In the other markets, feeder cattle were lower and lean hogs were mostly higher. The demand in commodities markets was linked to a lower US dollar in currency markets, which is supposed to make US exports more attractive to buyers.
Analysts said several countries were doing what they could to make their currencies of lower value for this reason. Various intervention methods have been used from infusing money into the economy to keeping interest rates low to refusing to allow the currency to float.
The end result has been that aside from short-term fluctuations, the US dollar has maintained a somewhat stable relationship to most other currencies. The euro is a notable example of an exception, the broker said. This currency has risen in value in spite of heavy debt loads by some member countries.
Other traders said early commodity fund-style selling dried up in live cattle futures after the initial flurry of activity, leaving the market to trade in a narrow range throughout the session.
A late flurry of trading also took place, but prices changed little from midsession.
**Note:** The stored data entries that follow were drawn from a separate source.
//! The numbers of payloads, all in one layout.
//!
//! An enum whose variants have numbers of different places is copied part by part, and the compiler then keeps a copy
//! on the stack for each step that passes one on. So a short number takes as much room as a long one.

ghost use Rattle.std.specs.Prelude.{◌≡◌};

use std::marker::Model;

/// A number of 128 bits, as an identifier, in two words. Contracts see the number.
#[derive(Debug, Clone, Copy, PartialEq, Eq)]
pub struct Long {
    low: u64,
    high: u64,
}

impl Model for Long {
    ghost use Rattle.std.specs.Prelude.{◌+◌, ◌*◌, ◌^◌, ◌/◌, ◌%◌, ◌<◌, ℕ};
    ghost use Rattle.std.proofs.lemmas.Nat.{div-mul-add, mod-mul-add};

    ghost Value = { ℕ };

    ghost view = { λ a. a.high * 2 ^ 64 + a.low };

    ghost invariant = { λ a. a.low < 2 ^ 64 };

    ghost inverse = { λ n. record { low = n % 2 ^ 64; high = n / 2 ^ 64 } };

    ghost inverse_ok = { λ a below i. record {
      low = mod-mul-add a.high (2 ^ 64) a.low below i;
      high = div-mul-add a.high (2 ^ 64) a.low below i;
    } };
}

impl Long {
    /// A number.
    #[inline(always)]
    pub fn new(number: u128) -> Long
        ensures number { result ≡ number }
    {
        Long {
            low: (number % (1 << 64)) as u64,
            high: (number / (1 << 64)) as u64,
        }
    }

    /// The same number, copied by machine words.
    #[inline(always)]
    pub fn by_words(self) -> Long
        ensures same { result ≡ self }
    {
        Long {
            low: self.low,
            high: self.high,
        }
    }

    /// The number.
    #[inline(always)]
    pub fn get(self) -> u128
        ensures number { result ≡ self }
    {
        u128::from(self.high) * (1 << 64) + u128::from(self.low)
    }
}

/// A number of 16 bits, as a forest or a chosen colour, in the place of a long one. Contracts see the number.
#[derive(Debug, Clone, Copy, PartialEq, Eq)]
pub struct Short {
    low: u64,
    high: u64,
}

impl Model for Short {
    ghost use Rattle.std.specs.Prelude.{◌≡◌, ◌<◌, ◌^◌, ℕ};
    ghost use Rattle.std.proofs.Common.{sym};

    ghost Value = { ℕ };

    ghost view = { λ a. a.low };

    ghost invariant = { λ a. (a.low < 2 ^ 16) × (a.high ≡ 0) };

    ghost inverse = { λ n. record { low = n; high = 0 } };

    ghost inverse_ok = { λ a small i. record { low = a.low; high = sym small.1 i } };
}

impl Short {
    /// A number.
    #[inline(always)]
    pub fn new(number: u16) -> Short
        ensures number { result ≡ number }
    {
        Short {
            low: u64::from(number),
            high: 0,
        }
    }

    /// The same number, copied by machine words.
    #[inline(always)]
    pub fn by_words(self) -> Short
        ensures same { result ≡ self }
    {
        Short {
            low: self.low,
            high: self.high,
        }
    }

    /// The number.
    #[inline(always)]
    pub fn get(self) -> u16
        ensures number { result ≡ self }
    {
        self.low as u16
    }
}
The cash cattle markets were expected to decline this week.
Feeder cattle futures were down because of higher corn prices and feelings among some traders that prices had gotten too high in relation to deferred live cattle prices.
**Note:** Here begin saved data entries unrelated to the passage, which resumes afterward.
//! What a node does in the pulses in which it only takes in what comes.
ghost use Rattle.std.specs.Prelude.{◌≡◌, ◌<◌, ◌≤◌, IfSome, IsTrue, Ok, false, if◌then◌else◌, length, true};
ghost use Rattle.std.specs.Prelude.{slice_index_or};
ghost use Rattle.node_api.specs.Boxes.{HasFrom, nothing};
ghost use Rattle.node_api.specs.Program.{span};
ghost use Rattle.forests.specs.declared.numbering.Role.TheVariants.{Unknown};
ghost use Rattle.colour_rules.specs.Idle.{IsPassed, IsTaken, IsWaiting};
ghost use Rattle.colour_rules.specs.Choice.{with_taken};
ghost use Rattle.colour_rules.specs.Node.{ports};
ghost use Rattle.colour_rules.specs.Table.{is_merged};
ghost use Rattle.colour_rules.specs.Program.{next};

use crate::idle::IdlePulses;
use crate::node::ColourNode;
use crate::payload::Payload;
use crate::ports::is_merged;
use node_api::{Inbox, Reader};

impl ColourNode {
    /// A pulse at which the node only takes in what came, if anything did, which is one of `idle`; nothing is sent, and
    /// the pulses in which it waits stay the same. Returns false, and leaves the node as it was, if the pulse isn't
    /// one of them or something came that may not come: then `pulse` says what is refused.
    pub fn hear(&mut self, idle: IdlePulses, pulse: u32, inbox: &Inbox<Payload>) -> bool
        requires waits { IsWaiting self.old idle }
        requires inbox { length inbox.now.slots ≡ ports self.old }
        ensures heard { IsTrue result → next self.old pulse inbox.now.slots ≡ Ok (self.new, nothing (ports self.old)) }
        ensures waits { IsWaiting self.new idle }
        ensures refused { result ≡ false → self.new ≡ self.old }
        ensures sizes { (ports self.new ≡ ports self.old) × (self.new.sizes ≡ self.old.sizes) }
    {
        if !idle.contains(pulse) {
            return false;
        }
        if !inbox.reader().has_next() {
            return true;
        }
        self.hear_all(idle.forest, inbox)
    }

    // Takes in what came, which is something, if it may come at each step of a forest after the first. Never inlined,
    // so that an engine's loop has nothing of it but the call.
    #[inline(never)]
    fn hear_all(&mut self, forest: u16, inbox: &Inbox<Payload>) -> bool
        requires ports { length inbox.now.slots ≡ ports self.old }
        requires more { HasFrom inbox.now.slots 0 }
        ensures accepted { IsTrue result → IsPassed self.old forest inbox.now.slots (ports self.old) }
        ensures node { self.new ≡ (if result then with_taken self.old inbox.now.slots else self.old) }
    {
        let mut reader = inbox.reader();
        let Some(first) = self.take_next(forest, &mut reader) else {
            return false;
        };
        // Most payloads come alone.
        if !reader.has_next() {
            self.taken.add(first);
            return true;
        }
        if !self.takes_rest(forest, reader) {
            return false;
        }
        self.taken.add_all(inbox);
        true
    }

    // Whether what is still to be read may come at each step of a forest after the first.
    fn takes_rest(&self, forest: u16, mut reader: Reader<'_, Payload>) -> bool
        requires ports { length reader.slots ≡ ports self.now }
        requires within { reader.cursor ≤ ports self.now }
        requires passed { IsPassed self.now forest reader.slots reader.cursor }
        ensures accepted { IsTrue result → IsPassed self.now forest reader.entry.slots (ports self.now) }
    {
        while reader.has_next() {
            if self.take_next(forest, &mut reader).is_none() {
                return false;
            }
        }
        true
    }

    // Reads the next payload, and returns its colour if it may come at each step of a forest after the first.
    fn take_next(&self, forest: u16, reader: &mut Reader<'_, Payload>) -> Option<u16>
        requires more { HasFrom reader.old.slots reader.old.cursor }
        requires ports { length reader.old.slots ≡ ports self.now }
        requires passed { IsPassed self.now forest reader.old.slots reader.old.cursor }
        ensures taken { IfSome result (λ colour. IsTaken self.now forest reader.old colour reader.new) }
    {
        let payload = reader.next();
        let port = reader.sender();
        match payload {
            Payload::Chosen(colour) if self.takes(forest, port, colour.get()) => Some(colour.get()),
            _ => None,
        }
    }

    // Whether a colour may come from a port at each step of a forest after the first.
    fn takes(&self, forest: u16, port: u32, colour: u16) -> bool
        requires { port < ports self.now }
        ensures low { IsTrue result → colour ≤ span self.now.sizes }
        ensures merged { IsTrue result → is_merged forest (slice_index_or self.now.roles port Unknown) ≡ true }
    {
        colour <= self.span() && is_merged(forest, self.roles[port as usize])
    }
}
October live cattle settled 0.45 cent a pound, or 0.47%, higher at 95.55 cents. December was 0.37 cent, or 0.38%, higher at 97.67 cents. October feeder cattle were down 0.95 cent, or 0.86%, at 109.55 cents, and November was off 1.17 cents, or 1.06%, at 109.50 cents.
Meanwhile, pit-traded CME lean hog futures closed mostly higher, with only spot October hogs lower.
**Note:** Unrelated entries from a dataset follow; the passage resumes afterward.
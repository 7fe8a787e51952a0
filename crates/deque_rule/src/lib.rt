//! One worker's deque of tasks, from which other workers may steal, and the rule that no task of a deque is lost or
//! doubled.
//!
//! Whatever the threads do, the tasks pushed to a deque are the tasks taken from it and the tasks that it still holds
//! (`specs/Ledgers.antt`). The tasks are known by their numbers. A *pass* is what a worker needs for stealing from a
//! deque; contracts see in a pass which tasks were pushed and taken by it.
//!
//! The module `task` has the tasks, `ledger` has the rule and each step of a deque, `own` has the push of a worker to
//! its own deque, and `steal_pass` has the pass by which a worker steals from another worker's deque. `pool` has the
//! deques of all workers.
//!
//! Limits: `MAX_WORKERS` of `run_options`, because a deque has a pass for each worker.
#![tactic(auto)]

mod ledger;
mod own;
mod steal_pass;
mod task;

pub use ledger::{Balance, Ledger, OneShare, PopStep, PushStep, StealStep};
pub use own::give_back;
pub use steal_pass::{Own, StealHandle, StealPass};
pub use task::Task;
Seasonal weakness in cash hog prices has weighed on October in recent sessions and could limit any gains in the spot month futures contract through its expiration on October 14. Spot October hit nearly a five-week low and extended the backslide that began in late September.
The other months bounced back from losses that on Monday had left them at or near an over-sold status technically. Short-covering or buying back of contracts sold previously, and spillover from strength in most other commodities in association with sharply higher stock prices also aided hogs' rally.
Higher corn and soymeal prices would mean more costly feed for hog producers. That contributed to the strength in the deferred summer and fall 2011 contracts which were among the strongest gainers on the day in lean hogs at 0.8% to 1.2% higher.